Oh No! Blogging is REALLY, REALLY dead this time!!!!!! :D

[Cartoon first published circa 2005 etc.]

So uber-famous-corporate-blogger-ninja-rockstar Jerimiah Owyang blogged about The Golden Age of Tech Blogging being over. His colleague, my friend, Brian Solis doesn’t agree. Lots of other people are yakkin’ about it as well, it seems. I guess that’s a good thing. Here are my thoughts:

1. Time to quote Shirky YET AGAIN: “So for­get about blogs and blog­gers and blog­ging and focus on this?—?the cost and dif­fi­culty of publishing abso­lu­tely anything, by anyone, into a glo­bal medium, just got a whole lot lower. And the effects of that inc­rea­sed pool of poten­tial pro­du­cers is going to be vast.” -CLAY SHIRKY in 2004.

2.  The business model of blogging has been proven many times over, so pretending that it hasn’t is pointless. Indirectly, Fred Wilson’s blog is EASILY worth more to him, than what AOL paid Mike Arrington for Techcrunch, maybe by a factor of ten (and they paid over $20 million for the latter, I am told). I’m not kidding! Whether or not said proven business model suits your individual needs is another question…

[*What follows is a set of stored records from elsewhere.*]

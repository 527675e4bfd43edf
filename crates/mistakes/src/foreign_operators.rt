//! Operators of other languages.

use mistake_sentences::{GoalMistake, Mistake, OperatorMistake};
use token_search::value_of;

/// Words and symbols that other languages have between a head and its conditions.
const NECKS: [&str; 8] = ["=>", "<=", "<--", "<==", ":--", "?-", "if", "when"];

/// Words and symbols that other languages have between goals or terms, and what is written here.
const JOINTS: [(&str, &str); 13] = [
    ("and", ","),
    ("or", ";"),
    ("&", ","),
    ("&&", ","),
    ("||", ";"),
    ("<=", "=<"),
    ("=>", ">="),
    ("!=", "=\\="),
    ("<>", "=\\="),
    ("~=", "=\\="),
    ("=/=", "=\\="),
    ("/=", "=\\="),
    (":=", "is"),
];

/// Operators of arithmetic that have no value here.
const ARITHMETIC: [&str; 3] = ["div", "rdiv", "xor"];

/// Operators of constraints over integers.
const CONSTRAINTS: [&str; 9] = ["#=", "#\\=", "#<", "#>", "#=<", "#>=", "in", "ins", ".."];

/// Words of conditions.
const CONDITIONS: [&str; 2] = ["then", "else"];

/// What is written for a word or symbols of another language, after a term. `is_head` is whether no neck stands before.
pub(crate) fn foreign_mistake<'a>(sign: &'a str, is_head: bool) -> Option<Mistake<'a>> {
    if is_head {
        if NECKS.contains(&sign) {
            return Some(Mistake::Operator(OperatorMistake::Neck(sign)));
        }
        return None;
    }
    match value_of(&JOINTS, sign.as_bytes()) {
        Some(own) => Some(Mistake::Operator(OperatorMistake::Foreign(sign, own))),
        None => unread_mistake(sign),
    }
}

/// What is said of a word or symbols for which nothing is written here.
fn unread_mistake<'a>(sign: &'a str) -> Option<Mistake<'a>> {
    if ARITHMETIC.contains(&sign) {
        Some(Mistake::Operator(OperatorMistake::Arithmetic(sign)))
    } else if CONSTRAINTS.contains(&sign) {
        Some(Mistake::Operator(OperatorMistake::Constraint))
    } else if CONDITIONS.contains(&sign) {
        Some(Mistake::Goal(GoalMistake::If))
    } else {
        None
    }
}
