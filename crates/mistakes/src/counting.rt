//! How many arguments and variables there are.

use mistake_sentences::{ClauseMistake, MOST_ARGUMENTS};
use prolog_tokens::TokenKind;
use std::alloc::{AllocError, Global};
use token_search::{TokenReader, shown_name};

/// The most variables of a clause.
const MOST_VARIABLES: u64 = 48;

/// How many arguments there are up to the bracket that ends them, after the one that opens them.
fn arguments_in(reader: &mut TokenReader<'_>) -> Option<u64> {
    let mut depth = 0u32;
    let mut count = 1u64;
    for _ in 0..reader.most() {
        let word = reader.next()?;
        if depth == 0 && word.closes() {
            return Some(count);
        }
        if depth == 0 && matches!(word.kind, TokenKind::Comma) {
            count = count.saturating_add(1);
        }
        depth = word.depth_after(depth);
    }
    None
}

/// The name of an atom, up to the bracket that opens its arguments.
fn name_of_atom<'a>(reader: &mut TokenReader<'a>) -> Option<&'a [u8]> {
    if let Some(name) = reader.next()
        && name.is_name()
        && let Some(open) = reader.next()
        && open.opens_arguments(name)
    {
        Some(name.text)
    } else {
        None
    }
}

/// How many arguments the atom at a place of a text has, where these are more than 12.
pub fn argument_mistake<'a>(text: &'a [u8], at: usize) -> Option<ClauseMistake<'a>> {
    let mut reader = TokenReader::new(text, at);
    if let Some(name) = name_of_atom(&mut reader)
        && let Some(count) = arguments_in(&mut reader)
        && count > MOST_ARGUMENTS as u64
        && let Some(name) = shown_name(name)
    {
        return Some(ClauseMistake::Arguments(name, count));
    }
    None
}

/// Adds the variables of the clause at a place of a text, and answers how many `_` there are.
fn push_variables<'a>(
    text: &'a [u8],
    at: usize,
    variables: &mut Vec<&'a [u8]>,
) -> Result<u64, AllocError> {
    let mut reader = TokenReader::new(text, at);
    let mut nameless = 0u64;
    for _ in 0..reader.most() {
        let Some(word) = reader.next() else {
            break;
        };
        match word.kind {
            TokenKind::Var if word.text == b"_".as_slice() => {
                nameless = nameless.saturating_add(1);
            }
            TokenKind::Var => variables.push(word.text)?,
            TokenKind::End => break,
            _ => {}
        }
    }
    Ok(nameless)
}

/// How many variables the clause at a place of a text has, where these are more than 48.
pub fn variable_mistake<'a>(
    alloc: Global,
    text: &[u8],
    at: usize,
) -> Result<Option<ClauseMistake<'a>>, AllocError> {
    let mut variables = Vec::new(alloc);
    let nameless = push_variables(text, at, &mut variables)?;
    variables.sort()?;
    variables.dedup();
    let count = nameless.saturating_add(variables.len() as u64);
    if count > MOST_VARIABLES {
        Ok(Some(ClauseMistake::Variables(count)))
    } else {
        Ok(None)
    }
}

3. Blogging is no longer about “The Conversation”. That moved over to Twitter, Facebook etc years ago. If you’re just looking to natter and rant with the other trolls, I guess the comment section of a large blog like Gawker or HuffPo is as good a place as any. One more waste of space wasting their time, whatever. I’m liking Google Plus a lot these days. It has the same spontaneity as Twitter, but a bit more engaging and thoughtful, somehow. I never go on Facebook much any more. Too many “civilians”.

4. We forget JUST how utterly time-consuming blogging used to be, back when it was the only game in town. I remember the early blogging days, don’t you?  Remember how keeping up with the blogosphere properly took ten hours a day? Nowadays, the only people who are left blogging are the people who REALLY want to, who ACTUALLY have something to say. Everyone else is uploading cat photos on Facebook. I think this is a good thing.

5. Traffic is now harder to get than ever, but I’m OK with that. The kind of effort it takes me to get a noticeable and sustainable increase in blog traffic, ballpark, is about the same amount of time and effort it takes me to get a book deal and write the first draft.  Guess which option I chose? Exactly…

 6. I’m waiting for the Golden Age of Facebook and Twitter to be over, too. That way we can all get away from our computers and back to actually getting some real work done. Ha!

7. It’s the product, Stupid. My social media strategy these days has only three words: “Draw more cartoons”. In other words, create more real work, ACTUAL PRODUCT (in my case, cartoons) and the social media will fall into place, but only AFTER I’ve done the thing that actually pays the bills. Getting all obsessed with social media BEFORE you’ve created something of real, lasting value is putting the cart before the horse. But that’s an easy mistake to make online, I’m as guilty of that as anyone. Never again.

8. None of this is new. My thoughts on blogging aren’t that different than the last time I wrote a post like this one, nearly two years ago. Nor are my thoughts that different to anybody else’s I’ve seen lately, frankly. Do the math…

Comments

  1. Brian doesn’t agree because he has a vested interest in its success. The SEO game is over, and social is changing the way people interact, so what’s left?

    Blogging is really just a form of content that happened to be a good way to promote something. Good content will always be valuable, and I don’t think anything has changed there.

    However, I think the way people consume content is changing, which is why people like @Jason are trying to figure out how to adjust on the fly and skate to where they think the puck will be. He thinks it’s iPad apps…others think it’s video, etc.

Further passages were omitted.